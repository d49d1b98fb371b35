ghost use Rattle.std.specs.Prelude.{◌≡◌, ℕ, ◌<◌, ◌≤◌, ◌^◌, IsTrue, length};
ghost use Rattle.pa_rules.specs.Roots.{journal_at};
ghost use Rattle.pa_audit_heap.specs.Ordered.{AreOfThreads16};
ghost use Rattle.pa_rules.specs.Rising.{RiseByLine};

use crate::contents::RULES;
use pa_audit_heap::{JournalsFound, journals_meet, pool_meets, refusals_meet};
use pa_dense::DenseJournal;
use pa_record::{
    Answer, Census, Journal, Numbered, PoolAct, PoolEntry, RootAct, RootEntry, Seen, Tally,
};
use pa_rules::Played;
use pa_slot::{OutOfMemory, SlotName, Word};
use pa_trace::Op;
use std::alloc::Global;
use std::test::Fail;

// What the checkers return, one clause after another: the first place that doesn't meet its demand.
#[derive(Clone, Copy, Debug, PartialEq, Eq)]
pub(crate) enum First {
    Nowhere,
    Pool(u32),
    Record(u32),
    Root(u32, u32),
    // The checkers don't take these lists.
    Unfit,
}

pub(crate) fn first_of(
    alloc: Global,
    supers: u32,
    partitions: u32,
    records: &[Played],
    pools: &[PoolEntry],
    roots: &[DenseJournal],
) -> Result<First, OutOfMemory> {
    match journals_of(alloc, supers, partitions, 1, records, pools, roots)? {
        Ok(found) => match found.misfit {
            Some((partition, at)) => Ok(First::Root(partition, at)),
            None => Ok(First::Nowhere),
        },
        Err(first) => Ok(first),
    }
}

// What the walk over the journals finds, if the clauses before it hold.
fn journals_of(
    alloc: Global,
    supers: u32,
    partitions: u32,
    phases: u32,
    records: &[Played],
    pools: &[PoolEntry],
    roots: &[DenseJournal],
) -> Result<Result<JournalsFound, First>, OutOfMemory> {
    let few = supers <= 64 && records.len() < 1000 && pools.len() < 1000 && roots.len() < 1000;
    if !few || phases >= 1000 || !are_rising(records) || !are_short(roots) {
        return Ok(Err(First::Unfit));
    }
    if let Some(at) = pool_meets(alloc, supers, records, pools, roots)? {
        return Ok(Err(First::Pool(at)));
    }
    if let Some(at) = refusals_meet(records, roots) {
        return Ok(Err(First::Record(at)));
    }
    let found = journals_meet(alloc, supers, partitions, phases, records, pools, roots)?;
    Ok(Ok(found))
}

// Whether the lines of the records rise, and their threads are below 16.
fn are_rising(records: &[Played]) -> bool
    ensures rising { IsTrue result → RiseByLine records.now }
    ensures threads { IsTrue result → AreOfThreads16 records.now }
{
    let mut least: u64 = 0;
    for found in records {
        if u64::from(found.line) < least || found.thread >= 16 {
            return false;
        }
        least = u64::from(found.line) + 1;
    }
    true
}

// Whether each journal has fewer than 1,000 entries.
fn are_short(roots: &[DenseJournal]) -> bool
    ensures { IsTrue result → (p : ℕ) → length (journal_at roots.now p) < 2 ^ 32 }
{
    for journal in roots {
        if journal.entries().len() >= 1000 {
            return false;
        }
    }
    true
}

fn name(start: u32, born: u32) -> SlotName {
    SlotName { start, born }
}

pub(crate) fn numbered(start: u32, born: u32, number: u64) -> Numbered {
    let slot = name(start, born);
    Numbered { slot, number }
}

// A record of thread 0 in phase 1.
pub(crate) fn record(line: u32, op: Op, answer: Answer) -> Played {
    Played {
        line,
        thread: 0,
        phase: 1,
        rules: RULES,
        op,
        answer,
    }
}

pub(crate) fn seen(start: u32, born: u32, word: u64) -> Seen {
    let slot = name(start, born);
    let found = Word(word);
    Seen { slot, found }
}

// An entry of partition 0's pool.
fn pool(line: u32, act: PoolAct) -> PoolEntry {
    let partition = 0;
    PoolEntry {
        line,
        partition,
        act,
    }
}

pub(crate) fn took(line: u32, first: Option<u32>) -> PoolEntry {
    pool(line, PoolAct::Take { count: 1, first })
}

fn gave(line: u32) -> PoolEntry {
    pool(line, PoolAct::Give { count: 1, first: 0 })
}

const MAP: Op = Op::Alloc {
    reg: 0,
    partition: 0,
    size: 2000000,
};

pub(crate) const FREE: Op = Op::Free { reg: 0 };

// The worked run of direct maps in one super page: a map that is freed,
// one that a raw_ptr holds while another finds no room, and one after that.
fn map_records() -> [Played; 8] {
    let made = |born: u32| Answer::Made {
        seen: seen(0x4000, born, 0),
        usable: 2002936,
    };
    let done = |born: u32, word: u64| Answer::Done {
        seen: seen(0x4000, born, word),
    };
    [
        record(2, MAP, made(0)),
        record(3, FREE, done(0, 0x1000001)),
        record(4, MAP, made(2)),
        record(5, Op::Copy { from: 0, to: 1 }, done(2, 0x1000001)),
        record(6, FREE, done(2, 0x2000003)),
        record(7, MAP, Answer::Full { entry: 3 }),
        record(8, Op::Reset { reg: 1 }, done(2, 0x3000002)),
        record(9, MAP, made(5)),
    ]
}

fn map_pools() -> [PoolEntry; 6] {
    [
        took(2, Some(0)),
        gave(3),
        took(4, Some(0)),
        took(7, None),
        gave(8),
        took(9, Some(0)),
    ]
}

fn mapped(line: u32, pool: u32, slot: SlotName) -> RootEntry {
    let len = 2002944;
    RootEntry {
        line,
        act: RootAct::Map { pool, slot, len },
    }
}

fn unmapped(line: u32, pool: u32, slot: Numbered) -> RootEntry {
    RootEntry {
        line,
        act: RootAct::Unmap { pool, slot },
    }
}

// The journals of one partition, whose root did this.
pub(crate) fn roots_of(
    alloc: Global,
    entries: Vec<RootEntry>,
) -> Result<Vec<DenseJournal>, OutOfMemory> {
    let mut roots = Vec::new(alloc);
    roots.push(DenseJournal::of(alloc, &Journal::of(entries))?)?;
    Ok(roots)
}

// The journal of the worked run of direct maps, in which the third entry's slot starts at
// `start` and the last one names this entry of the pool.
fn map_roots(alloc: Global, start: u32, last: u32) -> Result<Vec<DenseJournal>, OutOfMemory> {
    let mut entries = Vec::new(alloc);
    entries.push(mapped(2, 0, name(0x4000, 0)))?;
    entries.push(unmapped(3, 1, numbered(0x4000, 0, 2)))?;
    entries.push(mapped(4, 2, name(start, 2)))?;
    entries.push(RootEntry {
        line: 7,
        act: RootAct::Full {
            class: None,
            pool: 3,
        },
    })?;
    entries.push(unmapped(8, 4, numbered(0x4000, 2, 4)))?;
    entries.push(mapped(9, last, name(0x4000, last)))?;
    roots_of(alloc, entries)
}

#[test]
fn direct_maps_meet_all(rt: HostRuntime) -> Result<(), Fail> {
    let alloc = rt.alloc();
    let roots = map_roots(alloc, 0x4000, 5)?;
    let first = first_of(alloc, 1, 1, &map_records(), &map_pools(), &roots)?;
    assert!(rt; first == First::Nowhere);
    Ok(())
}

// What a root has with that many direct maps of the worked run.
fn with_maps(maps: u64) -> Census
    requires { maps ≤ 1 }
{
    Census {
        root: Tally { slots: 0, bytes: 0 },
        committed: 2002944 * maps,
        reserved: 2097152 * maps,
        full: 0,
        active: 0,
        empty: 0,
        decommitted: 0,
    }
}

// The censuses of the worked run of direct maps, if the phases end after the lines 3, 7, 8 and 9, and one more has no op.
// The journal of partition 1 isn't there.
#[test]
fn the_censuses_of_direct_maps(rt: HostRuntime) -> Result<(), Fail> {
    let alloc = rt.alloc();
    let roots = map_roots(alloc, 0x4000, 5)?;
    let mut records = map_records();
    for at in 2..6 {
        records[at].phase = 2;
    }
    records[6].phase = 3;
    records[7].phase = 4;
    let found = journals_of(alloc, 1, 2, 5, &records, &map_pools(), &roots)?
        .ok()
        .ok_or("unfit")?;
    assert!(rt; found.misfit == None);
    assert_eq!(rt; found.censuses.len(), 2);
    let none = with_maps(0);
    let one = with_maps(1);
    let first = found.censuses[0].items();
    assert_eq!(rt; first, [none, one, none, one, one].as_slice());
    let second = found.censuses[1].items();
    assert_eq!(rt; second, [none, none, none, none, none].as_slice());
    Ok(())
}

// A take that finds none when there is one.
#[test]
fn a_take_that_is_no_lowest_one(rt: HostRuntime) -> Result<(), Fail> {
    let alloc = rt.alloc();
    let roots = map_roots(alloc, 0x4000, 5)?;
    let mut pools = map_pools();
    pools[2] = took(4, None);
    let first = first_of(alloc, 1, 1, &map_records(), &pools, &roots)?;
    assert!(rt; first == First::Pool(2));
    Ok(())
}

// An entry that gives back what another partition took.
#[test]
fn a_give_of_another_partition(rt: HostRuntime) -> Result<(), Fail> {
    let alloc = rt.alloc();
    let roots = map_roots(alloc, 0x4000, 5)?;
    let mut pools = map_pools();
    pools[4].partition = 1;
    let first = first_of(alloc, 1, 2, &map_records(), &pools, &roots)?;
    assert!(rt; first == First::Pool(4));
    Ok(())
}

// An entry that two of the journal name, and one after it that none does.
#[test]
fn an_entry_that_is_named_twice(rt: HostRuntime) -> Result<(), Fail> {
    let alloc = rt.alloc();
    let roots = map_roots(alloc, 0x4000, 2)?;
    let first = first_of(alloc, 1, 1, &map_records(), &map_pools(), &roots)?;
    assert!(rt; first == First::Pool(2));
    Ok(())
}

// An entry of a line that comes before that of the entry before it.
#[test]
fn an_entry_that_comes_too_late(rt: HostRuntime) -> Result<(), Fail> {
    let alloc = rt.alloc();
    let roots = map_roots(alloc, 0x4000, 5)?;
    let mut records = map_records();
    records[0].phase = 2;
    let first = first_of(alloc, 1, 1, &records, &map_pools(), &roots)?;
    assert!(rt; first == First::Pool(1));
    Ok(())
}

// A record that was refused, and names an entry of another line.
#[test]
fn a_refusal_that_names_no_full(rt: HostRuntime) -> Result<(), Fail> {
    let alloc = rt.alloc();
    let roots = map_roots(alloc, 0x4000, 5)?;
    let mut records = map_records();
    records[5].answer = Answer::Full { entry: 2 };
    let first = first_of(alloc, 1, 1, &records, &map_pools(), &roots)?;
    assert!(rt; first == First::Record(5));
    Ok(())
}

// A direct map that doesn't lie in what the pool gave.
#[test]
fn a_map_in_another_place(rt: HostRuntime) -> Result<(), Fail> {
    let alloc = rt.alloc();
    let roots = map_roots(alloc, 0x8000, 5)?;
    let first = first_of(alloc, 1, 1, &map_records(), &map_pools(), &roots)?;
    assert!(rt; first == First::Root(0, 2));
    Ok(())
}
-- -- --
With the line that has "are below 16." as the first and the line that has "let mut least: u64 = 0;" as the last, repeat exactly that run of lines above and no more.

### Output
// Whether the lines of the records rise, and their threads are below 16.
fn are_rising(records: &[Played]) -> bool
    ensures rising { IsTrue result → RiseByLine records.now }
    ensures threads { IsTrue result → AreOfThreads16 records.now }
{
    let mut least: u64 = 0;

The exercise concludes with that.